# Which books to buy?



## panicbird (Nov 4, 2006)

Muller's _Post-Reformation Reformed Dogmatics_, Turretin's _Institutes of Elenctic Theology_, or Kittel's _Theological Dictionary of the New Testament_? As the Highlander says, "There can be only one." The question is, "Which one shall I get?"

What would you recommend?

Lon


----------



## crhoades (Nov 4, 2006)

Muller.


----------



## youthevang (Nov 4, 2006)

I would definitely, hands down, recommend Turretin. The English translation is a little difficult at times, but it is worth the buy.


----------



## ChristianTrader (Nov 4, 2006)

panicbird said:


> Muller's _Post-Reformation Reformed Dogmatics_, Turretin's _Institutes of Elenctic Theology_, or Kittel's _Theological Dictionary of the New Testament_? As the Highlander says, "There can be only one." The question is, "Which one shall I get?"
> 
> What would you recommend?
> 
> Lon



Muller, is the best bang for your buck, however I do not think it can be found as cheaply as Turretin.

CT


----------



## RamistThomist (Nov 4, 2006)

Rushdoony


----------



## RamistThomist (Nov 4, 2006)

I'm sorry. The above was for humor purposes. Go with Muller.


----------



## ChristianTrader (Nov 4, 2006)

Draught Horse said:


> I'm sorry. The above was for humor purposes. Go with Muller.
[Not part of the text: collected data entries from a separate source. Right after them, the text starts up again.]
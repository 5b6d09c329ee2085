//! Whether the ids of entries differ, and each start and end is by a transaction that has an entry.

ghost use Rattle.std.specs.Prelude.{◌≡◌, flat_map, if◌then◌else◌};
ghost use Rattle.law_catalog_rows.specs.Least.{least, least_from, lesser};
ghost use Rattle.spec_verify.specs.Entries as spec;
ghost use Rattle.audit_verify.specs.Entries.{AreFound};
ghost use Rattle.audit_verify.specs.Ids.{repeated_in, strangers_in, strangers_of};
ghost use Rattle.audit_roots.specs.ImageTable.{AreImageTables, table_of};

use crate::entries::Entries;
use crate::least::{TableEvent, event_place, lesser};
use audit_roots::ImageTable;
use base_types::TableId;
use format_image::Image;
use spec_verify::Place;
use sql_types::{EventId, Version};

/// The first entry whose id an earlier one has; where there is none, the least start or end by a
/// transaction that has no entry. Takes an ordered search for each of them.
pub(crate) fn id_fault(image: &Image, entries: &Entries, tables: &[ImageTable]) -> Option<Place>
    requires found { AreFound entries.now }
    requires entries { entries.now.all.now ≡ image.now.entries }
    requires tables { AreImageTables tables.now image.now }
    ensures { result ≡ spec.id_fault image.now }
{
    match repeated(entries) {
        Some(place) => Some(place),
        None => event_place(least_stranger(entries, tables)),
    }
}

fn repeated(entries: &Entries) -> Option<Place>
    requires { AreFound entries.now }
    ensures { result ≡ repeated_in entries.now.all.now }
{
    for (k, entry) in entries.all.iter().enumerate() {
        if entries.has_before(k, entry.id) {
            return Some(Place::Entry(k as u64));
        }
    }
    None
}

fn least_stranger(entries: &Entries, tables: &[ImageTable]) -> Option<TableEvent>
    requires { AreFound entries.now }
    ensures { result ≡ least spec.table_event_cmp
        (flat_map (λ t. strangers_in entries.now.all.now (table_of t)) tables.now) }
{
    let mut best = None;
    for table in tables {
        best = lesser_in(entries, table, best);
    }
    best
}

#[tactic(auto, using(crate::proofs::Strangers::least_of_parts))]
fn lesser_in(entries: &Entries, table: &ImageTable, best: Option<TableEvent>) -> Option<TableEvent>
    requires { AreFound entries.now }
    ensures { result ≡ least_from spec.table_event_cmp best
        (strangers_in entries.now.all.now (table_of table.now)) }
{
    let id = table.def.id;
    let best = lesser_among(entries, id, table.rows.base.as_slice(), best);
    lesser_among(entries, id, table.rows.history.as_slice(), best)
}

fn lesser_among(
    entries: &Entries,
    table: TableId,
    versions: &[Version],
    best: Option<TableEvent>,
) -> Option<TableEvent>
    requires { AreFound entries.now }
    ensures { result ≡ least_from spec.table_event_cmp best
        (flat_map (strangers_of entries.now.all.now table) versions.now) }
{
    let mut best = best;
    for version in versions {
        best = lesser_of(entries, table, version, best);
    }
    best
}

fn lesser_of(
    entries: &Entries,
    table: TableId,
    version: &Version,
    best: Option<TableEvent>,
) -> Option<TableEvent>
    requires { AreFound entries.now }
    ensures { result ≡ least_from spec.table_event_cmp best
        (strangers_of entries.now.all.now table version.now) }
{
    let best = lesser_at(entries, table, version.start, best);
    match version.end {
        Some(end) => lesser_at(entries, table, end, best),
        None => best,
    }
}

fn lesser_at(
    entries: &Entries,
    table: TableId,
    event: EventId,
    best: Option<TableEvent>,
) -> Option<TableEvent>
    requires { AreFound entries.now }
    ensures { result ≡ (if spec.has_id entries.now.all.now event.0 then best
        else lesser spec.table_event_cmp best (table, event)) }
{
    if entries.has(event.tx) {
        best
    } else {
        lesser(best, (table, event))
    }
}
We got that it was for humor, unfortunately it just failed


----------



## RamistThomist (Nov 4, 2006)

ChristianTrader said:


> We got that it was for humor, unfortunately it just failed



I laughed.


----------



## R. Scott Clark (Nov 4, 2006)

Muller is more likely to go out of print and become harder to find.

Turretin is a primary source and invaluable but Muller's work is brilliant and essential for understanding Reformed orthodoxy.

rsc


----------



## RamistThomist (Nov 4, 2006)

Go to amazon. I found the first two volumes of Muller for 10 and 15 dollars a piece. Both hardback and close to new condition. The person who owned the first one had the penmanship of a two year old (that's why you don't underline and mark your book in pen, but pencil).


----------



## py3ak (Nov 4, 2006)

Muller's set is very nice looking.


----------



## Casey (Nov 4, 2006)

youthevang said:


> I would definitely, hands down, recommend Turretin. The English translation is a little difficult at times, but it is worth the buy.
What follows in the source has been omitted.